* [PROBLEM STATEMENT]: Filter out every line below that lacks "Option", and copy the rest.

* [MATERIAL TO PROCESS]:

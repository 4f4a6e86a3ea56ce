//! One to four values in order, in a place that needs no memory.
ghost use Rattle.std.specs.Prelude.{◌≡◌, ◌<◌, ◌≤◌, ◌++◌, ◌∷◌, [], nat_lt, length, Some, None, ⊤, if◌then◌else◌};
ghost use Rattle.ltm_units.specs.Places.{is_few};

use std::alloc::AllocError;
use std::marker::Model;

/// One to four values in order. Contracts see the list of them.
pub struct Four<T: Copy> {
    places: [T; 4],
    count: u8,
}

impl<T: Copy> Model for Four<T> {
    ghost use Rattle.std.specs.Prelude.{◌≡◌, ◌≤◌, true, List, length, take};
    ghost use Rattle.std.proofs.Common.{sym};
    ghost use Rattle.ltm_units.specs.Places.{is_few, in_places};
    ghost use Rattle.ltm_units.specs.PlacesBack.{count_back};

    ghost Value = { List T };

    ghost view = { λ f. take f.count f.places };

    ghost invariant = { λ f. (is_few (take f.count f.places) ≡ true) × (f.count ≤ 4) × (f.places ≡ in_places (take f.count f.places)) };

    ghost inverse = { λ values. record { places = in_places values; count = length values } };

    ghost inverse_ok = { λ f h i. record { places = sym h.2 i; count = count_back f.places f.count h.0 h.1 h.2 i } };
}

impl<T: Copy> Clone for Four<T> {
    ghost is_clone = { λ x y. y ≡ x };

    ghost is_infallible = { λ _. ⊤ };

    fn clone(&self) -> Result<Four<T>, AllocError> {
        Ok(*self)
    }
}

impl<T: Copy> Copy for Four<T> {}

impl<T: Copy> Four<T> {
    /// The values, where they are one to four.
    pub fn of(values: &[T]) -> Option<Four<T>>
        ensures { result ≡ (if is_few values.now then Some values.now else None) }
    {
        if values.is_empty() || values.len() > 4 {
            return None;
        }
        let mut places = [values[0]; 4];
        places[..values.len()].copy_from_slice(values);
        Some(Four {
            places,
            count: values.len() as u8,
        })
    }

    /// One value.
    pub fn one(value: T) -> Four<T>
        ensures { result ≡ value ∷ [] }
    {
        Four {
            places: [value; 4],
            count: 1,
        }
    }

    /// The values and one more behind them, where there were not four.
    pub fn with(mut self, value: T) -> Option<Four<T>>
        ensures { result ≡ (if nat_lt (length self) 4 then Some (self ++ value ∷ []) else None) }
    {
        if self.count >= 4 {
            return None;
        }
        self.places[self.count as usize] = value;
        self.count += 1;
        Some(self)
    }

    /// The values in order.
    #[inline]
    pub fn as_slice(&self) -> &[T]
        ensures values { result.now ≡ self.now }
        ensures some { 0 < length self.now }
        ensures few { length self.now ≤ 4 }
    {
        &self.places[..self.count as usize]
    }
}
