//! - **What it is**: the words that every crate of the engine shares: amounts of traffic in whole thousandths of a vehicle,
//!   times in whole milliseconds, names, and the places of a loading; numbers read from texts, the pieces of written lines,
//!   and one to four values in order.
//! - **On what it stands**: `itoa`, for the digits of a number.
//! - **What a call costs**: one pass over the text or the parts that it is given; nothing allocates but what appends to a
//!   text.
//! - **When to change it here**: when a unit, the form of a name or the text of a number changes for all crates at once.
//!
//! `write_vehicles` is for callers outside: the crates above write an amount behind words.
#![tactic(auto)]

mod four;
mod names;
mod nested_split;
mod numbers;
mod places;
mod quantities;
mod share;
mod steps;
mod summing;
mod texts;

pub use four::Four;
pub use names::Name;
pub use nested_split::{shares_make_the_amount, shares_rise, whole_splits};
pub use numbers::{NumberFault, read_number, read_vehicles, read_whole};
pub use places::{LinkId, NodeId, Pair, Reach};
pub use quantities::{Millis, NoMemory, Units};
pub use share::share_of;
pub use steps::Steps;
pub use summing::sum_of;
pub use texts::{append, append_number, push_number, push_text, push_vehicles, write_vehicles};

* [TASK RESPONSE]:
    pub fn of(values: &[T]) -> Option<Four<T>>
    pub fn with(mut self, value: T) -> Option<Four<T>>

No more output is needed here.